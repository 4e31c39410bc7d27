//! The second look of a resume at its tables (rule 8.12 of docs/MEMORY.md): every bit that is 1 has
//! an entry of its set that covers its row. It makes no image: its time grows with the words of the
//! indicators, and for each bit that is 1 with the entries of a set.
#![tactic(auto)]

ghost use Rattle.std.specs.Prelude.{◌^◌, ◌<◌, ◌≡◌};
ghost use Rattle.geometry.specs.Sizes.{row_words, address_of, set_length};
ghost use Rattle.geometry.specs.Stages.{stages, stage_width};
ghost use Rattle.calls.specs.Answers.{geometry_in, tables_in};
ghost use Rattle.stale.specs.Stale.{exceeds, stage_is_stale, any_is_stale};

use checks::Tables;
use places::{Offset, RowWord, SetIndex};

// The row of a value of a stage (rule 4.3).
#[derive(Clone, Copy)]
struct Row<'a> {
    tables: &'a Tables<'a>,
    stage: u32,
    value: u32,
    ghost is_stage: { stage < stages tables.now.layout.geometry },
    ghost is_value: { value < 2 ^ stage_width tables.now.layout.geometry stage },
}

impl<'a> Row<'a> {
    ghost use Rattle.stale.specs.Rows.{geometry_of, number, word_covers, address_covers, set_covers, word_in_image, is_stale_at, is_stale};

    fn new(tables: &'a Tables<'a>, stage: u32, value: u32) -> Row<'a>
        requires is_stage { stage < stages (geometry_in tables.now) }
        requires is_value { value < 2 ^ stage_width (geometry_in tables.now) stage }
        ensures lends { result.tables ≡ tables.entry }
        ensures stage { result.stage ≡ stage }
        ensures value { result.value ≡ value }
    {
        Row {
            tables,
            stage,
            value,
        }
    }

    // Its number among the rows of all stages (rule 4.3).
    fn number(&self) -> usize
        ensures { result ≡ number self.now }
    {
        (512 * self.stage + self.value) as usize
    }

    // Whether a word of the store covers it: a pattern with that value in that stage.
    fn is_covered_by(&self, word: u32) -> bool
        ensures { result ≡ word_covers self.now word }
    {
        let layout = self.tables.layout;
        layout.stage(self.stage, word) == self.value && word < layout.sizes.patterns
    }

    // Whether the entry at an offset of a set covers it.
    fn is_covered_at(&self, set: SetIndex, at: Offset) -> bool
        requires { at < set_length (geometry_of self.now) set }
        ensures { result ≡ address_covers self.now (address_of (geometry_of self.now) set at) }
    {
        self.is_covered_by(set.address(at, self.tables.layout).word(self.tables.store))
    }

    // Whether some entry of the set covers it. Past the last set there are no entries.
    fn is_covered(&self, set: SetIndex) -> bool
        ensures { result ≡ set_covers self.now set }
    {
        let layout = self.tables.layout;
        if set.is_outside(layout.sizes) {
            return false;
        }
        set.length(layout)
            .offsets()
            .any(|at| self.is_covered_at(set, at))
    }

    // Whether a bit of its word `at`, which is `word`, is stale. Kept out of the walk over the
    // words of the row, most of which are 0.
    #[inline(never)]
    fn word_is_stale(self, word: u64, at: RowWord) -> bool
        requires { at < row_words (geometry_of self) }
        ensures { result ≡ exceeds word (word_in_image self.entry at) }
    {
        // A copy, so that nothing of it is read again at each entry.
        let tables = *self.tables;
        let row = Row::new(&tables, self.stage, self.value);
        at.sets(word).any(|set| !row.is_covered(set))
    }

    // Whether a bit of its word `at` is stale. A word that is 0 is read and no more.
    fn is_stale_at(&self, at: RowWord) -> bool
        requires { at < row_words (geometry_of self.now) }
        ensures { result ≡ is_stale_at self.now at }
    {
        let word = at.read(
            self.tables.indicators,
            self.number(),
            self.tables.layout.sizes,
        );
        word != 0 && self.word_is_stale(word, at)
    }

    // Whether any bit of it is stale.
    fn is_stale(&self) -> bool
        ensures { result ≡ is_stale self.now }
    {
        RowWord::all(self.tables.layout).any(|at| self.is_stale_at(at))
    }
}

// Whether any bit in the rows of a stage is stale. Kept apart, so that the walk over the rows has
// the registers for itself.
#[inline(never)]
fn stage_is_stale(tables: &Tables<'_>, stage: u32) -> bool
    requires { stage < stages (geometry_in tables.now) }
    ensures { result ≡ stage_is_stale (geometry_in tables.now) (tables_in tables.now) stage }
{
    // A copy, so that nothing of it is read again at each row.
    let tables = *tables;
    (0..tables.layout.stage_rows(stage)).any(|value| Row::new(&tables, stage, value).is_stale())
}

/// The second look: whether any bit is stale, 1 where no entry of its set covers its row. A bit of
/// padding that is 1 is stale.
pub fn any_is_stale(tables: &Tables<'_>) -> bool
    ensures { result ≡ any_is_stale (geometry_in tables.now) (tables_in tables.now) }
{
    (0..tables.layout.sizes.stages).any(|stage| stage_is_stale(tables, stage))
}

◆ YOUR TASK
What is needed is an exact copy of the lines above, from the one containing "are no entries." through the one containing "at each entry.", with nothing added.

◆ THE COMPLETED TASK
    // Whether some entry of the set covers it. Past the last set there are no entries.
    fn is_covered(&self, set: SetIndex) -> bool
        ensures { result ≡ set_covers self.now set }
    {
        let layout = self.tables.layout;
        if set.is_outside(layout.sizes) {
            return false;
        }
        set.length(layout)
            .offsets()
            .any(|at| self.is_covered_at(set, at))
    }

    // Whether a bit of its word `at`, which is `word`, is stale. Kept out of the walk over the
    // words of the row, most of which are 0.
    #[inline(never)]
    fn word_is_stale(self, word: u64, at: RowWord) -> bool
        requires { at < row_words (geometry_of self) }
        ensures { result ≡ exceeds word (word_in_image self.entry at) }
    {
        // A copy, so that nothing of it is read again at each entry.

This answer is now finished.